Varvara Zemskova, University of Toronto, Physics, Toronto, ON, Canada, Brian L White, University of North Carolina at Chapel Hill, Chapel Hill, NC, United States and Alberto D Scotti, University of North Carolina at Chapel Hill, Marine Sciences, Chapel Hill, NC, United States
We present numerical results for an idealized rotating, buoyancy- and wind-forced channel as a simple model for the Southern Ocean branch of the Meridional Overturning Circulation (MOC). Differential buoyancy forcing is applied along the top horizontal surface, with surface cooling at one end (to represent the pole) and surface warming at the other (to represent the equatorial region) and a zonally re-entrant channel to represent the Antarctic Circumpolar Current (ACC). Zonally-uniform surface wind forcing is applied with a similar pattern to the westerlies and easterlies with varying magnitude relative to the buoyancy forcing.
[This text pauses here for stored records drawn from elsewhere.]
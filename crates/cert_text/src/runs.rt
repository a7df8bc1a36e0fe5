//! The lines below the givens, with one step or several.

ghost use Rattle.std.specs.Prelude.{◌≡◌, IfOk, IfSome, option_map};
ghost use Rattle.cert_text.specs.Cert.{IsOfLemmas};
ghost use Rattle.cert_text.specs.Steps.{IsPushed, IsRunBegun, one, run_named, run_word, step_named, step_of, steps_of};
ghost use Rattle.cert_text.specs.Text.{words_of};
ghost use Rattle.cert_text.specs.declared.form.Form.TheVariants.{LemmaRuns};

use crate::cert_line::CertLine;
use crate::form::Form;
use crate::named::{joined_named, lemma_named};
use crate::steps::step_in;
use crate::words::{cut_word, is_word};
use std::alloc::AllocError;

/// How many steps a line may have.
pub const MAX_RUN: usize = 1000;

/// A word that several steps can follow.
#[derive(Clone, Copy)]
pub enum RunWord {
    /// `line`, before rows and columns.
    Lines,
    /// `use`, before lemmas.
    Uses,
    /// `drop`, before lemmas.
    Forgets,
}

// The word that several steps can follow.
fn run_word(word: &[u8]) -> Option<RunWord>
    ensures { result ≡ run_word word.now }
{
    if is_word(word, b"line") {
        Some(RunWord::Lines)
    } else if is_word(word, b"use") {
        Some(RunWord::Uses)
    } else if is_word(word, b"drop") {
        Some(RunWord::Forgets)
    } else {
        None
    }
}

// The step that a word names behind one of these.
fn step_named(kind: RunWord, word: &[u8]) -> Option<CertLine>
    ensures value { result ≡ step_named kind word.now }
    ensures of_lemmas { IfSome result IsOfLemmas }
{
    match kind {
        RunWord::Lines => joined_named(word).map(CertLine::Line),
        RunWord::Uses => lemma_named(word).map(CertLine::Use),
        RunWord::Forgets => lemma_named(word).map(CertLine::Forget),
    }
}

#[tactic(auto, using(crate::proofs::RunLemmas::beginnings))]
// The word that several steps can follow, and these, if the line has them.
fn run_in(line: &[u8]) -> Option<(RunWord, &[u8])>
    ensures { IsRunBegun line.now result }
{
    let (word, behind) = cut_word(line)?;
    let kind = run_word(word)?;
    Some((kind, behind))
}

#[tactic(auto, using(crate::proofs::RunLemmas::each_read))]
// Appends the steps that words name, and says how many they are. None if one names none, or if there are too many.
fn push_each(
    kind: RunWord,
    words: &[u8],
    steps: &mut Vec<CertLine>,
) -> Result<Option<u16>, AllocError>
    ensures { IfOk result (IsPushed LemmaRuns (run_named kind (words_of words.now))
        steps.old.items steps.new.items) }
{
    let mut rest = words;
    let mut count = 0;
    while let Some((word, behind)) = cut_word(rest) {
        let Some(step) = step_named(kind, word) else {
            return Ok(None);
        };
        steps.push(step)?;
        count += 1;
        rest = behind;
    }
    let Some(step) = step_named(kind, rest) else {
        return Ok(None);
    };
    steps.push(step)?;
    if count < MAX_RUN {
        Ok(Some(count as u16 + 1))
    } else {
        Ok(None)
    }
}

// Appends the step of a line that has one, and says that it is one. None if the line has none.
fn push_step(form: Form, line: &[u8], steps: &mut Vec<CertLine>) -> Result<Option<u16>, AllocError>
    ensures { IfOk result (IsPushed form (option_map one (step_of form line.now))
        steps.old.items steps.new.items) }
{
    let Some(step) = step_in(form, line) else {
        return Ok(None);
    };
    steps.push(step)?;
    Ok(Some(1))
}

// Appends the steps of a line, and says how many they are. None if the line is none of the form's.
pub(crate) fn push_steps(
    form: Form,
    line: &[u8],
    steps: &mut Vec<CertLine>,
) -> Result<Option<u16>, AllocError>
    ensures { IfOk result (IsPushed form (steps_of form line.now) steps.old.items steps.new.items) }
{
    match form {
        Form::LemmaRuns => match run_in(line) {
            Some((kind, words)) => push_each(kind, words, steps),
            None => push_step(form, line, steps),
        },
        _ => push_step(form, line, steps),
    }
}
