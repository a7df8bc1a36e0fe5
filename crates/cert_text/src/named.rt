//! What the words of a text name: rows, columns, cells, lemmas and literals.

ghost use Rattle.std.specs.Prelude.{◌≡◌, ◌<◌, IfSome};
ghost use Rattle.cert_text.specs.Cert.{IsWritable};
ghost use Rattle.cert_text.specs.Text.{cell_named, given_line, joined_named, lemma_named, line_named, literal_named, number_of};

use crate::cert_line::{CellNumber, LineNumber, Literal};
use crate::letters::colours_in;
use crate::words::{is_word, three_words};
use picture::{Axis, short_number_in};

// A number of one to three digits, without leading zeros.
fn number_in(bytes: &[u8]) -> Option<u16>
    ensures value { result ≡ number_of bytes.now }
    ensures small { IfSome result (λ n. n < 1000) }
{
    if matches!(bytes, [b'0', _, ..]) {
        return None;
    }
    Some(short_number_in(bytes, 3)? as u16)
}

/// The row or column that two words name, as `r 3`. None for other words.
pub fn line_named(first: &[u8], second: &[u8]) -> Option<LineNumber>
    ensures value { result ≡ line_named first.now second.now }
    ensures short { IfSome result (λ line. line.number < 1000) }
{
    let axis = match first {
        b"r" => Axis::Across,
        b"c" => Axis::Down,
        _ => return None,
    };
    let number = number_in(second)?;
    Some(LineNumber { axis, number })
}

// The row or column that a word names, as `r3`. None for other words.
pub(crate) fn joined_named(word: &[u8]) -> Option<LineNumber>
    ensures value { result ≡ joined_named word.now }
    ensures short { IfSome result (λ line. line.number < 1000) }
{
    match word {
        [] => None,
        [axis, number @ ..] => line_named(&[*axis], number),
    }
}

/// The cell that two words name, as `3 4`. None for other words.
pub fn cell_named(first: &[u8], second: &[u8]) -> Option<CellNumber>
    ensures value { result ≡ cell_named first.now second.now }
    ensures short { IfSome result (λ cell. (cell.row < 1000) × (cell.col < 1000)) }
{
    let row = number_in(first)?;
    let col = number_in(second)?;
    Some(CellNumber { row, col })
}

// The number of a lemma: one to five digits, without leading zeros.
pub(crate) fn lemma_named(word: &[u8]) -> Option<u16>
    ensures { result ≡ lemma_named word.now }
{
    if matches!(word, [b'0', _, ..]) {
        return None;
    }
    u16::try_from(short_number_in(word, 5)?).ok()
}

// The literal that three words name.
pub(crate) fn literal_named(row: &[u8], col: &[u8], letters: &[u8]) -> Option<Literal>
    ensures value { result ≡ literal_named row.now col.now letters.now }
    ensures writable { IfSome result IsWritable }
{
    let cell = cell_named(row, col)?;
    let colours = colours_in(letters)?;
    Some(Literal { cell, colours })
}

#[tactic(auto, unfolding(crate::specs::Text::given_line))]
/// The cell that a line gives, as `given 3 4`. None for other lines.
pub fn given_in(line: &[u8]) -> Option<CellNumber>
    ensures value { result ≡ given_line line.now }
    ensures short { IfSome result (λ cell. (cell.row < 1000) × (cell.col < 1000)) }
{
    let (word, first, second) = three_words(line)?;
    if !is_word(word, b"given") {
        return None;
    }
    cell_named(first, second)
}
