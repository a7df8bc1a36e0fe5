//! The reader of certificates.

ghost use Rattle.std.specs.Prelude.{◌≡◌, ◌+◌, ◌/◌, ◌++◌, ◌^◌, ◌<◌, ◌≤◌, length, IfOk};
ghost use Rattle.picture.specs.Readers.{Gives};
ghost use Rattle.cert_text.specs.Cert.{AreOfForm, AreOrdered, CanHaveGivens, HasRuns, IsCert, rank};
ghost use Rattle.cert_text.specs.Reading.{cert_of, form_of, givens_of, length_of, lines_seen, steps_below};
ghost use Rattle.cert_text.specs.Text.{given_lines, givens_seen, lines_of};

use crate::cert::Cert;
use crate::cert_line::{CellNumber, CertLine};
use crate::fault::CertFault;
use crate::form::Form;
use crate::named::given_in;
use crate::runs::push_steps;
use crate::words::{first_line, is_word};
use std::alloc::{AllocError, Global};

// The number of the line below the first.
const SECOND_LINE: usize = 2;

// The form that the first line says.
fn form_of(line: &[u8]) -> Option<Form>
    ensures { result ≡ form_of line.now }
{
    if is_word(line, b"nonocert 1") {
        Some(Form::Tree)
    } else if is_word(line, b"nonocert 2") {
        Some(Form::GivenTree)
    } else if is_word(line, b"nonolemma 1") {
        Some(Form::Lemmas)
    } else if is_word(line, b"nonolemma 2") {
        Some(Form::LemmaRuns)
    } else {
        None
    }
}

#[tactic(auto, using(crate::proofs::ReadLemmas::given_reading))]
/// Reads the givens at the beginning of a text whose first line was cut off. Returns them and the text below them.
pub fn read_givens(alloc: Global, text: &[u8]) -> Result<(Vec<CellNumber>, &[u8]), CertFault>
    requires few { SECOND_LINE + length text.now < 2 ^ 64 }
    ensures value { Gives CertFault.Memory givens_seen result
        (given_lines 2 0 (lines_of text.now)) }
    ensures ordered { IfOk result (λ read. AreOrdered 0 read.0.items) }
    ensures rest { IfOk result (λ read. length read.1.now ≤ length text.now) }
{
    let mut givens = Vec::new(alloc);
    let mut number = SECOND_LINE;
    let mut least = 0;
    let mut rest = text;
    while let Some((line, behind)) = first_line(rest) {
        let Some(cell) = given_in(line) else {
            return Ok((givens, rest));
        };
        let rank = u32::from(cell.row) * 1000 + u32::from(cell.col);
        if rank < least {
            return Err(CertFault::BadLine(number));
        }
        givens.push(cell)?;
        least = rank + 1;
        number += 1;
        rest = behind;
    }
    Ok((givens, rest))
}

// The givens, and the text below them.
fn givens_of(alloc: Global, form: Form, text: &[u8]) -> Result<(Vec<CellNumber>, &[u8]), CertFault>
    requires few { SECOND_LINE + length text.now < 2 ^ 64 }
    ensures value { Gives CertFault.Memory givens_seen result (givens_of form (lines_of text.now)) }
    ensures givens { IfOk result (λ read. CanHaveGivens form read.0.items) }
    ensures rest { IfOk result (λ read. length read.1.now ≤ length text.now) }
{
    match form {
        Form::Tree => Ok((Vec::new(alloc), text)),
        _ => read_givens(alloc, text),
    }
}

// The fewest bytes of a line that has one step, with its line feed, and of a step where a line may have several.
const SHORTEST_LINE: usize = 5;

const SHORTEST_STEP: usize = 2;

// Room for the steps of a text. Where a line may have several, each stands behind a line feed or a space.
fn room_for(form: Form, text: &[u8]) -> usize
    ensures { result ≤ length text.now / SHORTEST_STEP + 1 }
{
    match form {
        Form::LemmaRuns => {
            let cuts = text.iter().filter(|b| matches!(**b, b'\n' | b' '));
            (cuts.count() + 1).min(text.len() / SHORTEST_STEP)
        }
        _ => text.len() / SHORTEST_LINE + 1,
    }
}

// Notes how many steps a line has, where it may have several.
fn push_length(form: Form, length: u16, runs: &mut Vec<u16>) -> Result<(), AllocError>
    ensures { IfOk result (λ _. runs.new.items ≡ runs.old.items ++ length_of form length) }
{
    if matches!(form, Form::LemmaRuns) {
        runs.push(length)?;
    }
    Ok(())
}

#[tactic(auto, using(crate::proofs::ReadLemmas::line_reading))]
// The steps of lines that are numbered from `first`, and how many each line has, where it may have several.
fn read_lines(
    alloc: Global,
    form: Form,
    text: &[u8],
    first: usize,
) -> Result<(Vec<CertLine>, Vec<u16>), CertFault>
    requires few { first + length text.now < 2 ^ 64 }
    ensures value { Gives CertFault.Memory lines_seen result
        (steps_below form first (lines_of text.now)) }
    ensures of_form { IfOk result (λ read. AreOfForm form read.0.items) }
    ensures runs { IfOk result (λ read. HasRuns form read.1.items read.0.items) }
{
    let mut steps = Vec::with_capacity(alloc, room_for(form, text))?;
    let mut runs = Vec::new(alloc);
    let mut number = first;
    let mut rest = text;
    while let Some((line, behind)) = first_line(rest) {
        let Some(length) = push_steps(form, line, &mut steps)? else {
            return Err(CertFault::BadLine(number));
        };
        push_length(form, length, &mut runs)?;
        number += 1;
        rest = behind;
    }
    Ok((steps, runs))
}

/// Reads a certificate.
///
/// Lines end with a line feed, which the last may lack. The first line says the form: `nonocert 1`, `nonocert 2`,
/// `nonolemma 1` or `nonolemma 2`, else the error is `NotCert` at line 1. In all but `nonocert 1` lines `given R C` may
/// follow, each after the one before in the order of rows. Each further line is one of the form's, as
/// `docs/FILE-FORMATS.md` says, with single spaces and numbers without leading zeros. Any other line is `BadLine`.
/// Whether a picture has the lines and cells, and whether there are such lemmas, is not checked. Out of memory is
/// answered where it occurs, before any later error.
pub fn read_cert(alloc: Global, bytes: &[u8]) -> Result<Cert, CertFault>
    ensures value { Gives CertFault.Memory (λ cert. cert) result (cert_of bytes.now) }
    ensures cert { IfOk result IsCert }
{
    let (first, rest) = first_line(bytes).ok_or(CertFault::NotCert(1))?;
    let form = form_of(first).ok_or(CertFault::NotCert(1))?;
    let (givens, rest) = givens_of(alloc, form, rest)?;
    let (lines, runs) = read_lines(alloc, form, rest, SECOND_LINE + givens.len())?;
    Ok(Cert::new(form, givens, lines, runs))
}
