//! The law of the round trip. Its function does nothing, and its contract is the law.

ghost use Rattle.cert_text.specs.Cert.{Certificate, IsCert};
ghost use Rattle.cert_text.specs.WrittenCert.{IsReadAgain};

#[tactic(auto, using(crate::proofs::RoundTrip::is_read_again))]
/// The law of the round trip: the text that is written for a certificate is read as the same certificate.
pub fn round_trip()
    ensures { (cert : Certificate) → IsCert cert → IsReadAgain cert }
{}
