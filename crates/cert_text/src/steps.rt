//! The lines below the givens that have one step each.

ghost use Rattle.std.specs.Prelude.{◌≡◌, IfSome};
ghost use Rattle.cert_text.specs.Cert.{IsOfForm, IsOfLemmas, IsOfTree};
ghost use Rattle.cert_text.specs.Steps.{dead_named, four_words, lemma_line, one_word, step_of, three_words, tree_line, two_words};

use crate::cert_line::CertLine;
use crate::form::Form;
use crate::named::{cell_named, lemma_named, line_named, literal_named};
use crate::words::{cut_word, is_word, three_words as three_words_of};

#[tactic(auto, unfolding(crate::specs::Steps::tree_line))]
// The step of a line of a tree.
fn tree_line(line: &[u8]) -> Option<CertLine>
    ensures value { result ≡ tree_line line.now }
    ensures of_tree { IfSome result IsOfTree }
{
    if is_word(line, b"done") {
        return Some(CertLine::Done);
    }
    let (word, first, second) = three_words_of(line)?;
    match word {
        b"line" => line_named(first, second).map(CertLine::Line),
        b"dead" => line_named(first, second).map(CertLine::Dead),
        b"split" => cell_named(first, second).map(CertLine::Split),
        _ => None,
    }
}

// A line of one word.
fn one_word(word: &[u8]) -> Option<CertLine>
    ensures value { result ≡ one_word word.now }
    ensures of_lemmas { IfSome result IsOfLemmas }
{
    if is_word(word, b"lemma") {
        Some(CertLine::Lemma)
    } else if is_word(word, b"done") {
        Some(CertLine::Done)
    } else {
        None
    }
}

// A line of two words.
fn two_words(word: &[u8], number: &[u8]) -> Option<CertLine>
    ensures value { result ≡ two_words word.now number.now }
    ensures of_lemmas { IfSome result IsOfLemmas }
{
    if is_word(word, b"use") {
        lemma_named(number).map(CertLine::Use)
    } else if is_word(word, b"drop") {
        lemma_named(number).map(CertLine::Forget)
    } else {
        None
    }
}

// What is dead: a lemma, or a line of the grid.
fn dead_named(first: &[u8], second: &[u8]) -> Option<CertLine>
    ensures value { result ≡ dead_named first.now second.now }
    ensures of_lemmas { IfSome result IsOfLemmas }
{
    if is_word(first, b"l") {
        lemma_named(second).map(CertLine::Broken)
    } else {
        line_named(first, second).map(CertLine::Dead)
    }
}

// A line of three words.
fn three_words(word: &[u8], first: &[u8], second: &[u8]) -> Option<CertLine>
    ensures value { result ≡ three_words word.now first.now second.now }
    ensures of_lemmas { IfSome result IsOfLemmas }
{
    if is_word(word, b"line") {
        line_named(first, second).map(CertLine::Line)
    } else if is_word(word, b"dead") {
        dead_named(first, second)
    } else {
        None
    }
}

// A line of four words.
fn four_words(word: &[u8], row: &[u8], col: &[u8], letters: &[u8]) -> Option<CertLine>
    ensures value { result ≡ four_words word.now row.now col.now letters.now }
    ensures of_lemmas { IfSome result IsOfLemmas }
{
    if is_word(word, b"part") {
        literal_named(row, col, letters).map(CertLine::Part)
    } else if is_word(word, b"deny") {
        literal_named(row, col, letters).map(CertLine::Deny)
    } else {
        None
    }
}

#[tactic(auto, using(crate::proofs::StepLemmas::by_count))]
// The step of a line of a certificate with lemmas.
fn lemma_line(line: &[u8]) -> Option<CertLine>
    ensures value { result ≡ lemma_line line.now }
    ensures of_lemmas { IfSome result IsOfLemmas }
{
    let Some((word, behind)) = cut_word(line) else {
        return one_word(line);
    };
    let Some((first, behind)) = cut_word(behind) else {
        return two_words(word, behind);
    };
    let Some((second, behind)) = cut_word(behind) else {
        return three_words(word, first, behind);
    };
    match cut_word(behind) {
        None => four_words(word, first, second, behind),
        Some(_) => None,
    }
}

// The step of a line that has one.
pub(crate) fn step_in(form: Form, line: &[u8]) -> Option<CertLine>
    ensures value { result ≡ step_of form line.now }
    ensures of_form { IfSome result (IsOfForm form) }
{
    match form {
        Form::Tree | Form::GivenTree => tree_line(line),
        Form::Lemmas | Form::LemmaRuns => lemma_line(line),
    }
}
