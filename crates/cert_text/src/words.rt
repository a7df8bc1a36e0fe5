//! The lines, words and numbers of a text. Nothing is copied.

ghost use Rattle.std.specs.Prelude.{◌≡◌, ◌<◌, length, IfSome, option_map};
ghost use Rattle.cert_text.specs.Text.{IsCut, IsFirstLine, is_word, three_of, three_seen, words_of};

use picture::split_first;

#[tactic(auto, using(crate::proofs::WordLemmas::first_lines))]
/// The first line, and the text after it. None for an empty text.
pub fn first_line(text: &[u8]) -> Option<(&[u8], &[u8])>
    ensures { IsFirstLine text.now result }
{
    let (piece, behind) = split_first(text, b'\n');
    match behind {
        Some(rest) => Some((piece, rest)),
        None if piece.is_empty() => None,
        None => Some((piece, &[])),
    }
}

/// Whether these bytes are exactly this word.
pub fn is_word(bytes: &[u8], word: &[u8]) -> bool
    ensures { result ≡ is_word bytes.now word.now }
{
    bytes == word
}

/// The first word, and what follows the space after it. None without a space.
pub fn cut_word(bytes: &[u8]) -> Option<(&[u8], &[u8])>
    ensures cut { IsCut bytes.now result }
    ensures shorter { IfSome result (λ cut. length cut.1.now < length bytes.now) }
{
    let (word, behind) = split_first(bytes, b' ');
    Some((word, behind?))
}

// The words of a line that has exactly three.
pub(crate) fn three_words(line: &[u8]) -> Option<(&[u8], &[u8], &[u8])>
    ensures { option_map three_seen result ≡ three_of (words_of line.now) }
{
    let (word, behind) = cut_word(line)?;
    let (first, second) = cut_word(behind)?;
    match cut_word(second) {
        None => Some((word, first, second)),
        Some(_) => None,
    }
}
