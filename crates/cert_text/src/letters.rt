//! Colours by their letters.

ghost use Rattle.std.specs.Prelude.{◌≡◌, ◌<◌, ◌≤◌, ◌^◌, IfSome, OnOk, OnErr};
ghost use Rattle.std.specs.Io.KnownBytes.{Appends};
ghost use Rattle.picture.specs.Writers.{AppendsFront};
ghost use Rattle.cert_text.specs.Letters.{colour_at, colours_named, letter, letter_where, letters_text};

use picture::{MAX_COLOURS, WriteFault, send};
use std::io::Write;

// The colour that a letter names: `.` is the background, and `a` to `o` are 1 to 15.
fn colour_in(byte: u8) -> Option<u8>
    ensures value { result ≡ colour_at byte }
    ensures small { IfSome result (λ k. k < 16) }
{
    match byte {
        b'.' => Some(0),
        b'a'..=b'o' => Some(byte - (b'a' - 1)),
        _ => None,
    }
}

// The mask of the colours that a word names by letters in ascending order, at least one.
pub(crate) fn colours_in(word: &[u8]) -> Option<u16>
    ensures value { result ≡ colours_named word.now }
    ensures some { IfSome result (λ colours. 0 < colours) }
{
    if word.is_empty() {
        return None;
    }
    let mut colours: u16 = 0;
    let mut least = 0;
    for i in 0..word.len() {
        let colour = colour_in(word[i])?;
        if colour < least {
            return None;
        }
        colours += 1 << colour;
        least = colour + 1;
    }
    Some(colours)
}

// The letter of a colour.
fn letter_of(colour: u8) -> u8
    requires { colour < 16 }
    ensures { result ≡ letter colour }
{
    if colour == 0 { b'.' } else { b'a' - 1 + colour }
}

// Writes the letter of a colour, if a mask has it.
fn send_letter<W: Write>(colours: u16, colour: u8, writer: &mut W) -> Result<(), WriteFault>
    requires { colour < 16 }
    ensures ok { OnOk result
        (Appends (W.contents writer.old) (W.contents writer.new) (letter_where colours colour)) }
    ensures err { OnErr result (AppendsFront
        (W.contents writer.old) (W.contents writer.new) (letter_where colours colour)) }
{
    if colours & (1 << colour) == 0 {
        send(b"", writer)
    } else {
        send(&[letter_of(colour)], writer)
    }
}

#[tactic(auto, using(picture::proofs::SendingLaws::pieces))]
// Writes the letters of the colours of a mask, in ascending order.
pub(crate) fn send_letters<W: Write>(colours: u16, writer: &mut W) -> Result<(), WriteFault>
    ensures ok { OnOk result
        (Appends (W.contents writer.old) (W.contents writer.new) (letters_text colours)) }
    ensures err { OnErr result
        (AppendsFront (W.contents writer.old) (W.contents writer.new) (letters_text colours)) }
{
    for colour in 0..MAX_COLOURS {
        send_letter(colours, colour, writer)?;
    }
    Ok(())
}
The problem is solved numerically using a 3D direct numerical simulation (DNS) model based on a finite-volume solver for the Boussinesq Navier-Stokes equations with rotation. The overall dynamics, including large-scale overturning, baroclinic eddying, turbulent mixing, and resulting energy cascades are studied by calculating terms in the energy budget using the local Available Potential Energy framework. The basic physics of the overturning in the Southern Ocean are investigated at multiple scales and the output from the fully-resolved DNS simulations is compared with the results from previous studies of the global (ECCO2) and Southern Ocean eddy-permitting state estimates. We find that both the magnitude and shape of the zonal wind stress profile are important to the spatial pattern of the overturning circulation. However, the available potential energy budget and the diapycnal mixing are not significantly affected by the surface wind stress and are primarily set by the buoyancy forcing at the surface.